[Opening Material shown section]

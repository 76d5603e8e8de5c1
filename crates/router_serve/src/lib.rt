//! A router over sockets, from its configuration to its end.
//!
//! [`serve`] reads a configuration, listens, opens a hub, runs the tasks of `router_tasks` on as many threads as the
//! configuration says until an operator's `quit`, and closes the hub, whose audit says whether the run was in order.
#![tactic(auto)]

mod boxed;
mod end;
mod ports;
mod run;
mod serving;

pub use end::ServeEnd;
pub use serving::{serve, serve_input};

[Closing Material shown section]

What you need to do:
Print out the complete data above, character for character.

Answer box:
repository 76d5603e8e8de5c1
filename crates/router_serve/src/lib.rt
//! A router over sockets, from its configuration to its end.
//!
//! [`serve`] reads a configuration, listens, opens a hub, runs the tasks of `router_tasks` on as many threads as the
//! configuration says until an operator's `quit`, and closes the hub, whose audit says whether the run was in order.
#![tactic(auto)]

mod boxed;
mod end;
mod ports;
mod run;
mod serving;

pub use end::ServeEnd;
pub use serving::{serve, serve_input};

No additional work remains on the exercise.